= Rough and Tumble Engineers Historical Association =

The Rough and Tumble Engineers Historical Association puts on the second- or third-oldest Threshermen’s Reunion in the United States. It is held in the middle of August each year, from Wednesday through Saturday, in Kinzers, Pennsylvania, about eight miles east of the city of Lancaster. The association’s name is taken from the 1890s book Rough and Tumble Engineering: Book of Instructions for Operators of Farm and Traction Engines by James H. Maggard.

==Threshermen==
Threshermen were crews of laborers who owned their own traction engine and threshing machinery, and moved from farm to farm to bring in and thresh the wheat harvest. Many crews covered several states and several hundred miles each season. Farmers and their wives would compete to gain and keep the services of the best threshing crews. Threshermen were made obsolete by the development of the combine harvester in the 1940s and 1950s.

==Reunions==
The first Rough and Tumble reunion was held in 1948 on the grounds of Arthur S. Young's farm equipment dealership south of U.S. Route 30 at the east end of Kinzers, Pennsylvania, about 8 mi east of the city of Lancaster. Young and his father had maintained a number of steam traction engines, and Young served as an officer of the Pennsylvania Threshermen and Farmers Protective Association. A number of local steam engine enthusiasts encouraged Young to hold a Threshers Reunion to showcase his collection of engines, and the PTFPA agreed to provide free food and advertising for the event. The Rev. Elmer Ritzman, the founding editor of Iron Man Album (a magazine devoted to preserving the heritage of threshing and farm life in general, now owned by Ogden Publications and titled Steam Traction Magazine) was a major proponent of the first R&T show, and served as an R&T director for many years.

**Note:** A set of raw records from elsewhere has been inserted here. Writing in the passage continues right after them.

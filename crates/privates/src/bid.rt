//! A bid: in a turn a seat bids on an unsold private that is not the cheapest, at least 5 above its
//! face value and every earlier bid on it. The bid is held until the private is sold.
ghost use Rattle.std.specs.Prelude.{◌≡◌, ◌≤◌, ◌<◌, OnOk};
ghost use Rattle.events.specs.declared.event.Event.TheVariants as event;
ghost use Rattle.totals.specs.LookBack.{with_event};
ghost use Rattle.privates.specs.Bid.{MayBid, bid_rules, is_near, is_too_low};
ghost use Rattle.privates.specs.Underway.{IsUnderway};
ghost use Rattle.tables.specs.Rules.{first_broken};

use crate::bank::{is_cheapest, is_short};
use history::{Event, GameView, History, OpeningRule};
use std::alloc::AllocError;
use tables::{Amount, BID_STEP, Private, Seat, face, rules};

/// Returns the first rule that a bid breaks.
pub(crate) fn judge_bid(
    view: &GameView,
    seat: Seat,
    private: Private,
    amount: Amount,
    turn_used: bool,
) -> Option<OpeningRule>
    ensures { result ≡ first_broken
        (bid_rules view.now.seats view.now.events seat turn_used private amount) }
{
    let owners = view.owners();
    rules! { OpeningRule
        Sold: owners.is_sold(private),
        BidTooLow: is_too_low(view, private, amount),
        CashTooSmall: is_short(view, seat, private, amount),
        TurnUsed: turn_used,
        BidForCheapest: is_cheapest(&owners, private),
    }
}

/// Returns whether a bid on a private is too low, given its face value and the highest earlier bid
/// on it.
#[tactic(auto, using(crate::proofs::BidLemmas::near_greatest))]
fn is_too_low(view: &GameView, private: Private, amount: Amount) -> bool
    ensures { result ≡ is_too_low view.now.events private amount }
{
    if u64::from(amount) < u64::from(face(private)) + u64::from(BID_STEP) {
        return true;
    }
    is_near(amount, view.greatest_bid(private))
}

/// Returns whether a sum is less than 5 above a bid, if there is one.
fn is_near(amount: Amount, bid: Option<Amount>) -> bool
    ensures { result ≡ is_near amount bid }
{
    match bid {
        Some(bid) => u64::from(amount) < u64::from(bid) + u64::from(BID_STEP),
        None => false,
    }
}

/// Bids on a private for a seat.
pub(crate) fn bid(
    history: &mut History,
    seat: Seat,
    private: Private,
    amount: Amount,
) -> Result<(), AllocError>
    requires at_table { seat.0 < history.old.seats }
    requires small { amount ≤ 99999 }
    requires may { MayBid history.old.seats history.old.events seat private amount }
    requires underway { IsUnderway history.old }
    ensures event { OnOk result (history.new
        ≡ with_event history.old (event.Bids private seat amount)) }
    ensures underway { OnOk result (IsUnderway history.new) }
{
    history.append(Event::Bids {
        private,
        seat,
        amount,
    })?;
    Ok(())
}
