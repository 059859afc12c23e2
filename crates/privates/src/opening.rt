//! An opening round: a round of turns with its own rules.
ghost use Rattle.std.specs.Prelude.{◌≡◌, IfOk, false, length, refl};
ghost use Rattle.history.specs.Sound.{IsSound};
ghost use Rattle.privates.specs.Keeping.{begins as begins_underway, leaves as leaves_underway};
ghost use Rattle.privates.specs.Keeping.{pass_keeps_underway};
ghost use Rattle.privates.specs.Opening.{IsOpeningRound};
ghost use Rattle.privates.specs.Turn.{opening_rules};
ghost use Rattle.privates.specs.Underway.{BaltimoreWaits, IsUnderway, MayBegin, PennsylvaniaWaits};
ghost use Rattle.sheets.specs.File.{players_of};

use crate::{closing, standing, turn};
use history::History;
use order_grammar::Order;
use sheets::{Sheets, UnreadLine};
use std::alloc::{AllocError, Global};
use tables::{Round, Seat};
use turns::{TurnRules, play_round};

/// The rules of an opening round. In a turn a seat has bought or bid, or it has not.
pub struct OpeningTurns;

impl TurnRules for OpeningTurns {
    type TurnActions = bool;

    ghost rules = { opening_rules };

    ghost may_begin = { MayBegin };

    ghost holds = { IsUnderway };

    fn rule_standing_line(
        &self,
        history: &mut History,
        seat: Seat,
        line: UnreadLine,
        order: &mut Order,
    ) -> Result<(), AllocError> {
        standing::rule_standing_line(history, seat, line, order)
    }

    fn nothing(&self) -> bool {
        false
    }

    fn rule_line(
        &self,
        history: &mut History,
        seat: Seat,
        line: UnreadLine,
        order: &mut Order,
        actions: bool,
    ) -> Result<bool, AllocError> {
        turn::rule_line(history, seat, line, order, actions)
    }

    fn has_acted(&self, actions: bool) -> bool {
        actions
    }

    fn is_over(&self, history: &History) -> bool {
        history.now().cheapest_unsold().is_none()
    }

    fn close(&self, history: &mut History) -> Result<(), AllocError> {
        closing::close(history)
    }

    ghost stays_game = { λ game underway. underway.game };

    ghost begins = { begins_underway };

    ghost passes = { pass_keeps_underway };

    ghost leaves = { leaves_underway };

    ghost idle = { refl };
}

/// Plays an opening round with the sheets for it. PRR must have no square while CA is unsold, nor
/// BO while BOP is, since these come with a share and a presidency. Fails only if allocation fails,
/// and then drops the game. The game uses the allocator that it began with.
pub fn play_opening(
    _alloc: Global,
    history: History,
    sheets: &Sheets,
    round: Round,
) -> Result<History, AllocError>
    requires sound { IsSound history }
    requires seats { history.seats ≡ length (players_of sheets.now) }
    requires pennsylvania { PennsylvaniaWaits history.events }
    requires baltimore { BaltimoreWaits history.events }
    ensures round { IfOk result (λ new. IsOpeningRound sheets.now round history new) }
    ensures sound { IfOk result IsSound }
    ensures pennsylvania { IfOk result (λ new. PennsylvaniaWaits new.events) }
    ensures baltimore { IfOk result (λ new. BaltimoreWaits new.events) }
{
    let history = play_round(&OpeningTurns, history, sheets, round)?;
    Ok(history)
}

==Traction engine collection==
R&T has one of the world’s best and largest collections of old traction engines, with over two dozen machines. There are also all kinds of antique farm implements and machinery, plus three barns full of old steam engines and old stationary gas engines, including an Otto-Langen Engine, one of the world’s few surviving examples of the first commercially successful gas engines, almost all of which are kept in operating condition, and are run during the Threshermen’s Reunion and other shows. There is also a 2/3 scale Shay side-geared steam locomotive that provides rides, as well as a smaller live steam locomotive named Little Toot. Most of the events, especially the Threshermen’s Reunion, has scores of crafters, including local Amish and Mennonite residents, and scores of flea market vendors who come from all over the country.

In addition to the Threshermen’s Reunion held in the middle of August, R&T offers a two-day “Steam School” of hands-on learning, an Antique Tractor Pull in April, a Spring Steam-Up in May, Blacksmith Days in June, and a celebration of A Time of Harvest in October. Additionally, various collectors associations hold events at R&T, including John Deere Days and an International Harvester / Farmall show.

==Railroads==
The association runs two railroads on its property for guest to enjoy. One is the narrow gauge Shay Railroad, featuring a coal-fired, geared steam locomotive. The other is the Little Toot Railroad, a ridable miniature railway featuring a locomotive built by Crown Metal Products.